小島: そのとおりです。武家だけ、寺家だけということではなく、上は天皇から下は庶民まであらゆるジャンルの文書をそろえています。このように中世文書の全貌を示す展示は初めてだと思いますし、画期的なことだと考えています。

そうすると今回の企画展示を見れば中世文書の全体像が分かるということですね。

小島: まさにそういうことです。中世文書の全体像が分かるということは、中世の歴史が分かるということでもあります。当然文書はそれぞれの社会背景に応じて作られているわけで、あらゆるジャンルの中世文書を見るということは、中世社会のあらゆる側面を見るということでもあります。

なるほど。

企画展示チラシ

小島: また、今回の展示は古文書学の展示でもあります。古文書学とはただ文字を読む学問ではありません。文書の目的や機能に応じてさまざまな様式が作られていく、というのが古文書学の基本的な考え方ですが、これは言葉を返せば、様式を読み解くことでなぜそういう形がつくられたのかという背景が分かってきます。今回の企画展示の副題「-機能と形-」はここから来ています。

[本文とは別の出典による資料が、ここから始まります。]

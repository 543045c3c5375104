//! What each reader of a stream does.
ghost use Rattle.std.specs.Prelude.{◌≡◌, ◌≤◌, ◌<◌, ◌+◌, ℕ, Bool, [], ◌++◌, List, length, take, IfOk, OnErr, false, true};
ghost use Rattle.wt_wire.specs.declared.side.StreamEnd.{StreamEnd};

use crate::reader::StreamReader;
use crate::session_reader::SessionReader;
use crate::session_walk::SessionWalk;
use crate::steps::Steps;
use crate::walk::Walk;
use std::sync::ledger::Ledger;
use wt_wire::error::OutOfMemory;
use wt_wire::side::StreamEnd;

/// A reader of a stream, which is fed its bytes in pieces and told its end.
pub trait Reader {
    /// What the bytes and the end say.
    type Outcome: Drop;

    // its value after more bytes
    ghost fed: { Self → List ℕ → Self };

    // its value once the end is known
    ghost ended: { StreamEnd → Self → Self };

    // what the bytes that it took and the end say
    ghost said: { Self → Self.Outcome };

    // whether that is final, so that no byte is taken after it
    ghost is_final: { Self → Bool };

    /// Takes the bytes of the piece up to the one with which the outcome is final, else all of them, and returns how many. It
    /// counts one step. Where memory is short, the reader stands after some first bytes of the piece.
    fn take<L: Ledger>(&mut self, piece: &[u8], steps: &mut Steps<L>) -> Result<usize, OutOfMemory>
        ensures within { IfOk result (λ n. n ≤ length piece.now) }
        ensures value { IfOk result (λ n. self.new ≡ fed self.old (take n piece.now)) }
        ensures open { (k : ℕ) → IfOk result (λ n. k < n → is_final (fed self.old (take k piece.now)) ≡ false) }
        ensures stops_short { IfOk result (λ n. n < length piece.now → is_final self.new ≡ true) }
        ensures idle { is_final self.old ≡ true → IfOk result (λ n. n ≡ 0) }
        ensures joins { (xs ys : List ℕ) → fed (fed self.old xs) ys ≡ fed self.old (xs ++ ys) }
        ensures none { fed self.old [] ≡ self.old }
        ensures steps { steps.new ≡ steps.old + 1 }
        ensures lost { OnErr result ((k : ℕ) × (k ≤ length piece.now) × (self.new ≡ fed self.old (take k piece.now))) };

    /// Notes the end after the bytes that were taken.
    fn note(&mut self, end: StreamEnd)
        ensures { self.new ≡ ended end self.old };

    /// The outcome of all bytes that were taken and the end.
    fn says(&self) -> &Self::Outcome
        ensures { result.now ≡ said self.now };

    /// The same by value.
    fn into_says(self) -> Self::Outcome
        ensures { result ≡ said self };

    /// Whether the outcome is final, so that no byte is taken after it.
    fn is_final(&self) -> bool
        ensures answer { result ≡ is_final self.now }
        ensures joins { (xs ys : List ℕ) → fed (fed self.now xs) ys ≡ fed self.now (xs ++ ys) }
        ensures none { fed self.now [] ≡ self.now };
}

impl<W: Walk> Reader for StreamReader<W> {
    type Outcome = W::Outcome;

    ghost use Rattle.wt_proto.specs.WalkProgress.{fed_reading};
    ghost use Rattle.wt_proto.specs.Reading.{outcome_in};

    ghost fed = { fed_reading W.decides };

    ghost ended = { λ end r. record r { end = end } };

    ghost said = { outcome_in W.unfinished_at };

    ghost is_final = { λ r. W.is_final_outcome (outcome_in W.unfinished_at r) };

    fn take<L: Ledger>(
        &mut self,
        piece: &[u8],
        steps: &mut Steps<L>,
    ) -> Result<usize, OutOfMemory> {
        self.feed(piece, steps)
    }

    fn note(&mut self, end: StreamEnd) {
        self.end(end);
    }

    fn says(&self) -> &W::Outcome {
        self.outcome()
    }

    fn into_says(self) -> W::Outcome {
        self.into_outcome()
    }

    fn is_final(&self) -> bool {
        self.is_over()
    }
}

impl Reader for SessionReader {
    type Outcome = SessionWalk;

    ghost use Rattle.wt_proto.specs.SessionWalk.{is_over};
    ghost use Rattle.wt_proto.specs.SessionReader.{session_ended, session_fed, session_said};

    ghost fed = { session_fed };

    ghost ended = { session_ended };

    ghost said = { session_said };

    ghost is_final = { λ r. is_over (session_said r) };

    fn take<L: Ledger>(
        &mut self,
        piece: &[u8],
        steps: &mut Steps<L>,
    ) -> Result<usize, OutOfMemory> {
        self.feed(piece, steps)
    }

    fn note(&mut self, end: StreamEnd) {
        self.end(end);
    }

    fn says(&self) -> &SessionWalk {
        self.outcome()
    }

    fn into_says(self) -> SessionWalk {
        self.into_outcome()
    }

    fn is_final(&self) -> bool {
        self.is_over()
    }
}
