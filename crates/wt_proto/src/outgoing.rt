//! What this side sends first on its control stream.
ghost use Rattle.std.specs.Prelude.{◌≡◌, IfOk};
ghost use Rattle.wt_message.specs.FixedBytes.{local_control_bytes};

use crate::stream_header::StreamHeader;
use std::alloc::Global;
use wt_message::settings::Settings;
use wt_wire::error::OutOfMemory;

/// What this side's control stream begins with: its type, and the frame of its settings
/// (RFC 9114, section 6.2.1).
pub fn control_stream_head(alloc: Global) -> Result<Vec<u8>, OutOfMemory>
    ensures { IfOk result (λ bytes. bytes.items ≡ local_control_bytes) }
{
    let mut out = Vec::new(alloc);
    // SETTINGS are the first frame, and go out before anything of the peer's is awaited (RFC 9114, section
    // 7.2.4.2).
    StreamHeader::new_control().write(&mut out)?;
    let frame = Settings::local().generate_frame(alloc)?;
    frame.write(&mut out)?;
    Ok(out)
}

機能に応じて形がつくられていき、形を読み解くことでその背景を知る-。副題にはそういった意味が込められているんですね。

小島: 学術的にも古文書学自体を実物の文書でこれだけ展示という形で示したことは、これまで例がないと思います。大学の先生方にもこの展示を見れば、古文書学概論がすぐできてしまうと言っています。もっと言えば、企画展示のチラシには中世文書の代表的なものを10点選んでいるのですが、これを説明するだけでも古文書学概論ができてしまいます。

小島:そういう総合性の高い、学術的な背景に基づいた展示であるわけです。ただこういう資料を持っているからお見せします、というわけではないんです。きちんと学術的な背景に基づいて収集を重ねた結果、学術的な体系による展示が可能になったと。これが当館の30年の成果であると言えます。